The Web Content Management landscape has changed significantly over the last five years, as large vendors have acquired smaller vendors and incorporated point functionality into broader WCM suites. Despite this, the Content Management space continues to be confusing, as hundreds of vendors compete, complement, and overlap each other with functionality suited to Digital Asset Management (DAM), Enterprise Content Management (ECM), Marketing Asset Management (MAM), Marketing Automation, Email Marketing, Media Asset Management, eCommerce, and of course, Web Content Management (WCM). WCM solutions are differentiated by their ability to convert and optimize digital content for delivery across multiple online channels. Moreover, they provide integrations to most other tools listed above as well as a broad range of marketing and sales tools. WCM supports the execution of communications across the digital presentation layer and manages the production, publication, and distribution of digital assets over owned media. It’s not for managing work in progress, heavy workflows for content development, and large assets. For these reasons, WCM has become the key enabler to an optimized end user experience.

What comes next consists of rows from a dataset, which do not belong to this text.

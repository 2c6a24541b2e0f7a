// The laws of derived bounds.
ghost use Rattle.counting_laws.specs.Laws.{DerivedHold, FactsHave, LoopsFind, WiderIsSame};

/// Each loop finds by its number the bounds that are derived for it, and none where none are.
pub fn loops_find()
    ensures { LoopsFind }
{}

/// The facts that come of the bounds that are derived have them.
pub fn facts_have()
    ensures { FactsHave }
{}

/// Under facts with the derived bounds no run is broken at a loop for which they are derived.
pub fn derived_hold()
    ensures { DerivedHold }
{}

/// Wider bounds at such loops leave every meaning as it is.
pub fn wider_is_same()
    ensures { WiderIsSame }
{}
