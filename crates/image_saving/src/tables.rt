// Sets of registers, as tables.
ghost use Rattle.std.specs.Prelude.{◌≡◌};
ghost use Rattle.image_saving.specs.Tables.{place_marked, places_marked, keeps_place, kept_marked};

use super::sites::Site;
use low_ir::Place;

/// By register, whether it is in a set.
pub type Table = [bool; 24];

#[tactic(auto, using(crate::proofs::KeptLemmas::set_past))]
pub fn mark(table: &mut [bool], place: Place)
    ensures { table.new ≡ place_marked table.old place }
{
    match place {
        Place::Register(register) => {
            let register = register as usize;
            if register < table.len() {
                table[register] = true;
            }
        }
        Place::Slot(_) => {}
    }
}

pub fn mark_all(table: &mut [bool], places: &[Place])
    ensures { table.new ≡ places_marked table.old places.now }
{
    for place in places {
        mark(table, *place);
    }
}

fn keeps(site: &Site, place: Place) -> bool
    ensures { result ≡ keeps_place site.now.kept place }
{
    match place {
        Place::Register(register) => site.keeps(u32::from(register)),
        Place::Slot(_) => true,
    }
}

/// Marks the registers among places that a call keeps.
pub fn mark_kept(table: &mut [bool], site: &Site, places: &[Place])
    ensures { table.new ≡ kept_marked table.old site.now.kept places.now }
{
    for place in places {
        if keeps(site, *place) {
            mark(table, *place);
        }
    }
}
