//! What derived bounds are worth: laws of the meaning of sources.
//!
//! `specs/Wider` says when facts have the bounds that are derived, and when other facts have wider ones. Proved of each typed
//! program, for every input: [`loops_find`], that each loop finds by its number the bounds that are derived for it;
//! [`facts_have`], that the facts that are read with these bounds have them; [`derived_hold`], that under such facts the meaning
//! is never broken at a loop for which they are derived; and [`wider_is_same`], that wider bounds at such loops, and at no
//! others, leave the meaning as it is.
//!
//! The proof goes through two runs at once, under narrow and under wide bounds: both do the same. As far as no loop counts, both come
//! to the same end, and the first is broken at no loop but one that is to blame (`proofs/Alike`); so it is of reads and writes
//! (`Steps`), expressions (`Expressions`), blocks that are entered (`Entering`), declarations (`Declaring`), loops that are to blame
//! (`Looping`) and the initial values of file level (`Quiet`), where array parameters go on naming arrays, and objects that a part of
//! a source changes by no name stay as they are (`proofs/Objects`, `Settings`).
//!
//! What a loop counts with is changed by nothing but the head of that loop. Of where objects live the proof uses what the plan of a
//! program says of them. Before it stand that the object which a loop counts with lives in the frame of its function
//! (`proofs/Homes`), that the head of the loop sets it, compares it and steps it (`Counted`), how often its test then holds
//! (`Arithmetic`), and that it turns so often, whatever wider bounds it has (`Turning`).
#![tactic(auto)]

mod laws;

pub use laws::{derived_hold, facts_have, loops_find, wider_is_same};
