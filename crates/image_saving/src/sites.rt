// Calls, and the registers that they keep.
ghost use Rattle.std.specs.Prelude.{◌≡◌};
ghost use Rattle.low_ir.specs.Effects.{is_member};
ghost use Rattle.image_saving.specs.Tables.{kept_list};

use std::marker::Model;

/// A call: who is called, and the registers that the call keeps.
#[derive(Drop)]
pub struct Site {
    callee: u32,
    /// Register q by the bit of value 2^q.
    kept: u32,
}

impl Model for Site {
    ghost use Rattle.image_frames.specs.Needs.{Site};
    ghost use Rattle.image_saving.specs.Tables.{kept_list};

    ghost Value = { Site };

    ghost view = { λ s. record { callee = s.callee; kept = kept_list s.kept } };
}

impl Site {
    pub fn new(callee: u32, kept: u32) -> Site
        ensures { result ≡ record { callee = callee; kept = kept_list kept } }
    {
        Site { callee, kept }
    }

    pub fn callee(&self) -> usize
        ensures { result ≡ self.now.callee }
    {
        self.callee as usize
    }

    /// Whether the call keeps a register.
    pub fn keeps(&self, register: u32) -> bool
        ensures { result ≡ is_member self.now.kept register }
    {
        if register < 24 {
            (self.kept >> register) % 2 == 1
        } else {
            false
        }
    }
}
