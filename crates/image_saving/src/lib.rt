//! Finds which registers functions save.
//!
//! A walk over the code of each function (`specs/Walks.antt`) gives its outline: the registers that it writes, those in
//! which it gets arguments, those that have words in its frame for the time of a call, and its calls. By these, for each
//! register, needs are spread from callers to callees, which have lower numbers; a function saves what it writes and
//! others need. The time is linear in the code, and in the calls and functions for each register.
//!
//! Proved: [`outlines`] gives those that `image_frames` defines of the program over its places, and [`columns`], [`saved`]
//! and [`homes`] the registers that it says. `Memory` is free.
//!
//! The crate knows no addresses.
#![tactic(auto)]

mod choosing;
mod sites;
mod spreading;
mod tables;
mod walks;

pub use choosing::{columns, homes, saved};
pub use sites::Site;
pub use spreading::needing;
pub use walks::{Outline, outlines};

While marketing traditionally drives WCM initiatives based on business need, today, the pendulum is swinging back toward a joint marketing-IT collaboration to integrated WCM with other sales and marketing tools, such as analytics, A/B testing, email marketing, etc. Vendors have responded to the need for integrated functionality mostly by providing stable APIs to make integrations with other systems easy and streamlined. However, there are two major exceptions to this rule. Both Adobe, SDL, and Sitecore are attempting to incorporate both core WCM functionality and the functionality of sales and marketing tools into their proprietary platforms. It appears to be working for both companies, as they enjoy leading vendor status in the eyes of many industry watchers and among enterprise buyers of WCM solutions. However, most organization have expressed their desire to keep legacy systems and best-of-breed solutions in place, leading most vendors to focus heavily on integration capabilities.
In 2014, integrations and enabling the digital end user experience are of paramount importance. However, ease of use counts heavily in purchase decisions. WCM technologies are delivered across a variety of platforms and licensing models: SaaS, On-Premise, Licensed, Open Source, and Hybrid. While budget is important, ease of use is critical to engaging actual end-users in the demo process. The WCM solutions that enable non-technical users to easily optimize the digital consumer experience will win out over the next several years.